Yo soy un chavo gay, acabando con la violencia.

Ricardo Baruch, Colaborador Invitado

Cuando escuchamos el término “violencia de género” probablemente lo que se nos viene a la mente es una mujer siendo golpeada por su esposo o una chica siendo amenazada por su novio, pero la violencia de género va más allá de las relaciones de los hombres con las mujeres. La homofobia y la transfobia son otras expresiones de la violencia de género.

Hace un año, en marzo del 2013, la activista Agnes Torres fue asesinada en Puebla, México, por un grupo de jóvenes que consideró que por ser transexual, Agnes podía ser una víctima fácil de asalto que eventualmente se convirtió en homicidio. Los jóvenes consideraron que su hombría podría someter a una mujer que por su condición de trans, sería más vulnerable incluso que una mujer biológica.

Otro ejemplo muy claro es el de quien escribe estas líneas. Cuando iba a la escuela primaria y secundaria fui objeto de acoso y bullying por parte de mis compañeros que consideraban que un hombre que no jugaba futbol merecía estar con las mujeres y tratado como tal. La violencia de género estaba ahí presente, en los niños de 9 años que veían que el salirse de los roles tradicionales estaba mal y, que claramente estaban influenciados por sus familias, los medios de comunicación y sus pares más grandes.

Las mujeres sufren de violencia institucionalizada pero los gays, lesbianas, bisexuales y trans pueden llegar a sufrir mucho más ya que el sólo hecho de serlo es motivo para que sean encarcelados como es el caso en muchos países de Africa, e incluso ejecutados como en varios países del Medio Oriente. Pero, ¿qué hacer en este panorama?

Es importante cambiar las leyes que permiten la violencia hacia la población LGBT tal como lo recomienda la Oficina de la Alta Comisionada de las Naciones Unidas para los Derechos Humanos en su reporte “Nacidos libres e iguales”, pero también hay que promover el respeto a la dignidad y los derechos de todos sin importar su orientación sexual o su identidad de género, como lo ha recomendado Ban Ki Moon, Secretario General de las ONU, en varias ocasiones.

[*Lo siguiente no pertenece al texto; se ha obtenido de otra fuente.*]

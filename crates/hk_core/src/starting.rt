//! The begin of a call, by the numbers that it looks at.
ghost use Rattle.std.specs.Prelude.{◌≡◌, ◌<◌, IfNone};
ghost use Rattle.hk_core.specs.Begin as table;
ghost use Rattle.hk_core.specs.Begin.{most_calls, has_field};

use crate::{Fault, Flight};
use hk_words::{Call, reference_nums, reference_refs};

/// The calls that a seat can begin.
pub const MAX_CALLS: u32 = 1 << 30;

/// The first reason why a call isn't begun, where its seat has begun so many calls and `entered` is the reference in the
/// register that it enters, 0 where that is null or it enters none.
pub fn refusal_by(begun: u32, call: &Call, entered: u64) -> Option<Fault>
    ensures refusal { result ≡ table.refusal_by begun call.now entered }
    ensures room { IfNone result (begun < most_calls) }
{
    if begun >= MAX_CALLS {
        Some(Fault::Spent)
    } else if call.entered().is_some() && entered == 0 {
        Some(Fault::Nil)
    } else if !has_field(call, entered) {
        Some(Fault::Field)
    } else {
        None
    }
}

/// The flight of a call that begins: it has read nothing but the registers that it enters and copies from, whose references
/// these are.
pub fn flight_by(seat: u8, call: Call, entered: u64, copied: u64) -> Flight
    ensures { result ≡ table.flight_by seat call entered copied }
{
    Flight {
        seat,
        call,
        place: 1,
        entered,
        at: 0,
        word: 0,
        item: copied,
        claimer: false,
        offset: 0,
        number: 0,
        full: false,
        raised: false,
    }
}

/// The object that a reference names has the field of the call.
fn has_field(call: &Call, reference: u64) -> bool
    ensures { result ≡ has_field call.now reference }
{
    match *call {
        Call::Get { field, .. } | Call::Put { field, .. } => field < reference_nums(reference),
        Call::Load { field, .. } | Call::Store { field, .. } => field < reference_refs(reference),
        Call::Move { .. }
        | Call::Clear { .. }
        | Call::New { .. }
        | Call::Same { .. }
        | Call::IsNull { .. } => true,
    }
}
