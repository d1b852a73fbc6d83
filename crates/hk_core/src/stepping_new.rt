//! The step of a New: each function does the event of one place.
ghost use Rattle.std.specs.Prelude.{◌≡◌, ◌<◌, false};
ghost use Rattle.hk_words.specs.Geometry.{tasks, numbers, list_length};
ghost use Rattle.hk_words.specs.Layout.{w0_words, w0_objects};
ghost use Rattle.hk_words.specs.declared.call.Call.TheVariants.{New};
ghost use Rattle.hk_core.specs.Event.{fired_if, learnt};
ghost use Rattle.hk_core.specs.State.{flight_of};
ghost use Rattle.hk_core.specs.Step as table;
ghost use Rattle.hk_core.specs.AtCall.{next_in, answer_in, FitsIn, FiresIn, FindsIn, passed, Passes, to_place, loads_entry};
ghost use Rattle.hk_core.specs.declared.outcome.Step.TheVariants.{Going};

use crate::{Core, Event, Flight, Outcome, Step};
use hk_words::{Reply, Shape, pack_header, pack_reference, raise_by, w0_objects, w0_words};

impl Core {
    /// Does the next place of a New.
    #[tactic(auto, unfolding(crate::specs::Step::event_at, crate::specs::Step::took_at, crate::specs::Step::new_event, crate::specs::Step::new_took, crate::specs::Step::load_w0, crate::specs::Step::raise, crate::specs::Step::write_register, crate::specs::NewRows::asked_row, crate::specs::NewRows::asked_word, crate::specs::State::flight_of, crate::specs::Event::fired_if, crate::specs::Event::learnt))]
    pub(crate) fn new_step(&mut self, seat: u8, dest: u8, shape: Shape) -> Step
        requires seat { seat < tasks self.old.geometry }
        requires own { (flight_of self.old.flights seat).seat < tasks self.old.geometry }
        requires fits { FitsIn self.old seat (New dest shape) }
        requires fires { FiresIn self.old seat (New dest shape) }
        requires finds { FindsIn self.old seat (New dest shape) }
        ensures next { self.new ≡ next_in self.old seat (New dest shape) }
        ensures step { result ≡ answer_in self.old seat (New dest shape) }
    {
        let flight = &self.flights[seat as usize];
        match flight.place {
            1 => {
                let word = self.ask();
                let g = self.geometry;
                let flight = &mut self.flights[seat as usize];
                flight.word = word;
                flight.full = Flight::full_to(&g, flight.seat, shape, word);
                flight.place = 2;
                Step::Going
            },
            2 if flight.full => self.move_on(seat, 3),
            2 => self.enter_frame(seat, 3),
            3 if flight.full => self.move_on(seat, 4),
            3 => {
                let g = self.geometry;
                let word = self.fire(Event::Add(g.w0_at(), raise_by(shape.words())));
                let flight = &mut self.flights[seat as usize];
                flight.word = word;
                flight.full = Flight::full_to_all(&g, shape, word);
                flight.raised = true;
                flight.place = 4;
                Step::Going
            },
            4 => {
                let number = self.take_number(seat);
                let flight = &mut self.flights[seat as usize];
                flight.number = number as u32;
                flight.place = 5;
                Step::Going
            },
            5 if flight.full => self.move_on(seat, 6),
            5 => self.write_header(seat, 6),
            6 if flight.full => self.move_on(seat, 7),
            6 => {
                let reference = pack_reference(flight.number, shape);
                let register = self.register_at(flight.seat, dest);
                self.fire(Event::Write(register, reference));
                self.move_on(seat, 7)
            },
            7 if flight.full && !flight.raised => {
                let words = u64::from(w0_words(flight.word));
                self.end(seat, Outcome::Full { words })
            },
            7 if flight.full => {
                let words = u64::from(w0_words(flight.word));
                self.end_framed(seat, Outcome::Full { words })
            },
            7 => self.end_framed(seat, Outcome::Done(Reply::Unit)),
            _ => Step::Going,
        }
    }

    /// Loads the list entry that the raise of W0 gave to the seat's call, unless the call is full. The number in it, and 0 where
    /// the call is full.
    #[tactic(auto, unfolding(crate::specs::Step::load_entry, crate::specs::State::flight_of, crate::specs::Event::fired_if, crate::specs::Event::learnt))]
    fn take_number(&mut self, seat: u8) -> u64
        requires seat { seat < tasks self.old.geometry }
        requires entry { (flight_of self.old.flights seat).full ≡ false → w0_objects (flight_of self.old.flights seat).word < list_length self.old.geometry }
        requires fires { Passes self.old seat loads_entry }
        ensures row { self.new ≡ record self.old { row = fired_if self.old.row (loads_entry self.old.geometry (flight_of self.old.flights seat)) } }
        ensures number { result ≡ learnt self.old.row (loads_entry self.old.geometry (flight_of self.old.flights seat)) }
    {
        let flight = &self.flights[seat as usize];
        if flight.full {
            return 0;
        }
        let entry = self.entry_at(flight.side(), w0_objects(flight.word));
        self.fire(Event::Load(entry))
    }

    /// Writes the header of the new object. The call goes on to a place.
    #[tactic(auto, unfolding(crate::specs::Step::write_header, crate::specs::State::flight_of, crate::specs::Event::fired_if))]
    fn write_header(&mut self, seat: u8, place: u8) -> Step
        requires seat { seat < tasks self.old.geometry }
        requires number { (flight_of self.old.flights seat).number < numbers self.old.geometry }
        requires words { w0_words (flight_of self.old.flights seat).word < self.old.geometry.alloc }
        requires fires { Passes self.old seat table.write_header }
        ensures next { self.new ≡ passed self.old seat table.write_header (to_place place) }
        ensures step { result ≡ Going }
    {
        let g = self.geometry;
        let flight = &self.flights[seat as usize];
        let start = g.place_at(flight.side(), g.live() + w0_words(flight.word));
        let header = self.header_at(flight.number);
        self.fire(Event::Write(header, pack_header(0, start, 0)));
        self.move_on(seat, place)
    }
}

La educación integral en sexualidad es clave para éste último punto ya que hay una oportunidad para que las y los niños así como las y los adolescentes conozcan la verdad sobre la diversidad sexual y la importancia de respetar a las personas no-heterosexuales y a las que no tienen una identidad sexo-genérica. La UNESCO recomienda incluir temas LGBT en la curricula de las escuelas de educación básica y media para ayudar a evitar la discriminación y la violencia.

En la mayoría de los países de América Latina hay leyes que intentan proteger a las mujeres pero también a las personas LGBT de la violencia, sin embargo, los cambios legales no necesariamente se han visto reflejados en las opiniones de la sociedad por lo que se necesita que las escuelas, los medios y las familias sean los núcleos donde se le enseñe a las nuevas generaciones que la violencia es inaceptable en cualquier circunstancia y más aún cuando es provocada por el simple hecho de ser diferente.